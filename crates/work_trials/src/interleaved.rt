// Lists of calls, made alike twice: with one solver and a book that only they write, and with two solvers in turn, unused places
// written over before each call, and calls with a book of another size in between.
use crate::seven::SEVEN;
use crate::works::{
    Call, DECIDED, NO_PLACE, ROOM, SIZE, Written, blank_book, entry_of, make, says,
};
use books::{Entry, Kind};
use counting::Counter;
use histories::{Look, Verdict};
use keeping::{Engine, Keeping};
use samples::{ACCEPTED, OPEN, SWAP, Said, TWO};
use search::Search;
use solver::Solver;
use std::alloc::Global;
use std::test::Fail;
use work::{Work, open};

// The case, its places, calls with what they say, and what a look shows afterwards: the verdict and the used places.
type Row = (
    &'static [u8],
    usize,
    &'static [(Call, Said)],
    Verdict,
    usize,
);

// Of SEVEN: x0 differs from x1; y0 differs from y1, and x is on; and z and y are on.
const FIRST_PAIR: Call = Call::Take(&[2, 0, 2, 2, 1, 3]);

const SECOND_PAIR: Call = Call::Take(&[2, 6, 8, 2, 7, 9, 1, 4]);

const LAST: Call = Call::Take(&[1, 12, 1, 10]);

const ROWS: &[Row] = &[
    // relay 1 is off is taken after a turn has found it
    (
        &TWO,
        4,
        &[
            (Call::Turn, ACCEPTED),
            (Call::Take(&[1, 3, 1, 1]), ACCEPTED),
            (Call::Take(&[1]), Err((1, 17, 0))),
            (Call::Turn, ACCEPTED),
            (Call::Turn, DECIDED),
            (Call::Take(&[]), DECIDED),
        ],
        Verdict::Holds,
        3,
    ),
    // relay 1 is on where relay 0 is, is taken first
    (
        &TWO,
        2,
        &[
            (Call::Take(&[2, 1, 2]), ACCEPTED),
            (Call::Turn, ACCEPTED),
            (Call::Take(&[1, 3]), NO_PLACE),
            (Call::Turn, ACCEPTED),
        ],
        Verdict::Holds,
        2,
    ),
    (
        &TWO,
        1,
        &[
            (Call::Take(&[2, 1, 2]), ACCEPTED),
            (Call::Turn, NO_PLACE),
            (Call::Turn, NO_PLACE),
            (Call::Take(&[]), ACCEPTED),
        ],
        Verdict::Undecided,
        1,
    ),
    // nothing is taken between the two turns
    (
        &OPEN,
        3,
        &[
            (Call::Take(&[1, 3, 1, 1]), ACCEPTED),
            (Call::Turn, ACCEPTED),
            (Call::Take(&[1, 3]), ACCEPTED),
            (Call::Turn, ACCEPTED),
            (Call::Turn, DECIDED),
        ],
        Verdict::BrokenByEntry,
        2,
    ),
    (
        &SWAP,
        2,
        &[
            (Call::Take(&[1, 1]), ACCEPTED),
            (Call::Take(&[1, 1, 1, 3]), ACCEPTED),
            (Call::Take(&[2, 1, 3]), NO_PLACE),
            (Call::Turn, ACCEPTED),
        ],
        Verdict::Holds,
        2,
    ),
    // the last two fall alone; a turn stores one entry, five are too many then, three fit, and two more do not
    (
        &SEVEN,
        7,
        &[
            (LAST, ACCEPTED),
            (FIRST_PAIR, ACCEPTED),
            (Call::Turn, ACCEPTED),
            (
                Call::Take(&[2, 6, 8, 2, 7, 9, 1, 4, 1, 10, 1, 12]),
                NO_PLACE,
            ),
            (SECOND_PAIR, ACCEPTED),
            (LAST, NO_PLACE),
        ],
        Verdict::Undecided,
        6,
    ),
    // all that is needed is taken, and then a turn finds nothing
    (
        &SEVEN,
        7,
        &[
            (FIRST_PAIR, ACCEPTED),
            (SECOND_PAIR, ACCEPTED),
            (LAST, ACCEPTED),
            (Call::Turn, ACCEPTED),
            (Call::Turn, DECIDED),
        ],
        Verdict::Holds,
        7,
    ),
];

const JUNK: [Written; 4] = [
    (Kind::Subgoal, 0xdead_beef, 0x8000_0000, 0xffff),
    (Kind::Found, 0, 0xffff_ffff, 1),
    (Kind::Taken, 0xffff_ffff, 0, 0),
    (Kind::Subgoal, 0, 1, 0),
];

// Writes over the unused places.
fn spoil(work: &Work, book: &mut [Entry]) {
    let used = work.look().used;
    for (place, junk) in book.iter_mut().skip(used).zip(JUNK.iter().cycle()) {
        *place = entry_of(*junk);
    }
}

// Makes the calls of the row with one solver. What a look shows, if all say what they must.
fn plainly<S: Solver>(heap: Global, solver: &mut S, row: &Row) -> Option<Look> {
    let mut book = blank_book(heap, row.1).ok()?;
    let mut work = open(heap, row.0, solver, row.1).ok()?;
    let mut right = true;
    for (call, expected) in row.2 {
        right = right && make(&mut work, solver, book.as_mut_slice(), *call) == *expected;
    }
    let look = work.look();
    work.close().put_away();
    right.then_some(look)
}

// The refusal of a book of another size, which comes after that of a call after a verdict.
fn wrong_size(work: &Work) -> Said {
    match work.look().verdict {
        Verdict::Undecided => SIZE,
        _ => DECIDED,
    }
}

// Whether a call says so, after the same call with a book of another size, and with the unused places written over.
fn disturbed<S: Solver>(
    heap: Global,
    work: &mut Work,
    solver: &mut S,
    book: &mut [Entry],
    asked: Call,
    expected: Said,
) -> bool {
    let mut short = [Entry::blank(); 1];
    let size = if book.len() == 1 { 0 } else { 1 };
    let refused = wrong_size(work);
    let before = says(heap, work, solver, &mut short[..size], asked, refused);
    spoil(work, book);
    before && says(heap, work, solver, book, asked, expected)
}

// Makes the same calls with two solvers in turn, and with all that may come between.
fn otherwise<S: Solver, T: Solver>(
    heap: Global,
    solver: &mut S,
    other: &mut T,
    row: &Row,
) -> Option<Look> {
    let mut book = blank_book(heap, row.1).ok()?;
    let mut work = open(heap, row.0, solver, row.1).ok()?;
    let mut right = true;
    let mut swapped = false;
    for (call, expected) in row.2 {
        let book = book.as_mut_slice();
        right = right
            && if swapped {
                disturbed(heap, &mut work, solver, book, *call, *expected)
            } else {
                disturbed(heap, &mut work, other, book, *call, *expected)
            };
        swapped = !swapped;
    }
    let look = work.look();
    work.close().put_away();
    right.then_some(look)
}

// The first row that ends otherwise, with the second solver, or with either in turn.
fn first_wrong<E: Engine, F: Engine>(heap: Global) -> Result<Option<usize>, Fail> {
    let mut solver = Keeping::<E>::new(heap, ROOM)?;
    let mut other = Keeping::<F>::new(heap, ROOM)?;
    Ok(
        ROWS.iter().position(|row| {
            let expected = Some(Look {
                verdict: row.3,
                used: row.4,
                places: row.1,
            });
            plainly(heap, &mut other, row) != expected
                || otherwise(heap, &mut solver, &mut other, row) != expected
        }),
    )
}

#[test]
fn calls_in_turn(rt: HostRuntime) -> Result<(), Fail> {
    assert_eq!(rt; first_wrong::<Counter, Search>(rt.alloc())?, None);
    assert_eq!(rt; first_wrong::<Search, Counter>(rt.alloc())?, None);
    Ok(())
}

■ ■ ■

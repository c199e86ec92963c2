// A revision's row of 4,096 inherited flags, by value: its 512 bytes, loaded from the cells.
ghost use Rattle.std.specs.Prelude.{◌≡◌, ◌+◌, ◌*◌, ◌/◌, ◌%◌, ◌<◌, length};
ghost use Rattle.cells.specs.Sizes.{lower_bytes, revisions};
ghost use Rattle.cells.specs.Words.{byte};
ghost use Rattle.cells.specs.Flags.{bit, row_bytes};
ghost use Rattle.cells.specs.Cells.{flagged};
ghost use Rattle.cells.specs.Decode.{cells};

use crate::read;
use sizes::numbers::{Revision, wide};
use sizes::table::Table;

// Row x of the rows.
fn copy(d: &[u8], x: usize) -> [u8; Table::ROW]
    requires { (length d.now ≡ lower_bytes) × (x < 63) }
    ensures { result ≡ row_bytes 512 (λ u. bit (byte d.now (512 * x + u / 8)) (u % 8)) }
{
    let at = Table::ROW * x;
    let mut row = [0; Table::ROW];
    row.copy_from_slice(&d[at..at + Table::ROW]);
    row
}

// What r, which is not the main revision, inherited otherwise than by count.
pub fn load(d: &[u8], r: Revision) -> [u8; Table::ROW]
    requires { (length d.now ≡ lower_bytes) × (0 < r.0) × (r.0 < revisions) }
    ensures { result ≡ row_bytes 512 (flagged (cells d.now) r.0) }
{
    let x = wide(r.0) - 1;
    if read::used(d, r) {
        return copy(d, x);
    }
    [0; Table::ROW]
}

■ ■ ■

- **Problem to solve**
Copy every line that contains "Rattle" from the listing above.

- **Solution to this task**
ghost use Rattle.std.specs.Prelude.{◌≡◌, ◌+◌, ◌*◌, ◌/◌, ◌%◌, ◌<◌, length};
ghost use Rattle.cells.specs.Sizes.{lower_bytes, revisions};
ghost use Rattle.cells.specs.Words.{byte};
ghost use Rattle.cells.specs.Flags.{bit, row_bytes};
ghost use Rattle.cells.specs.Cells.{flagged};
ghost use Rattle.cells.specs.Decode.{cells};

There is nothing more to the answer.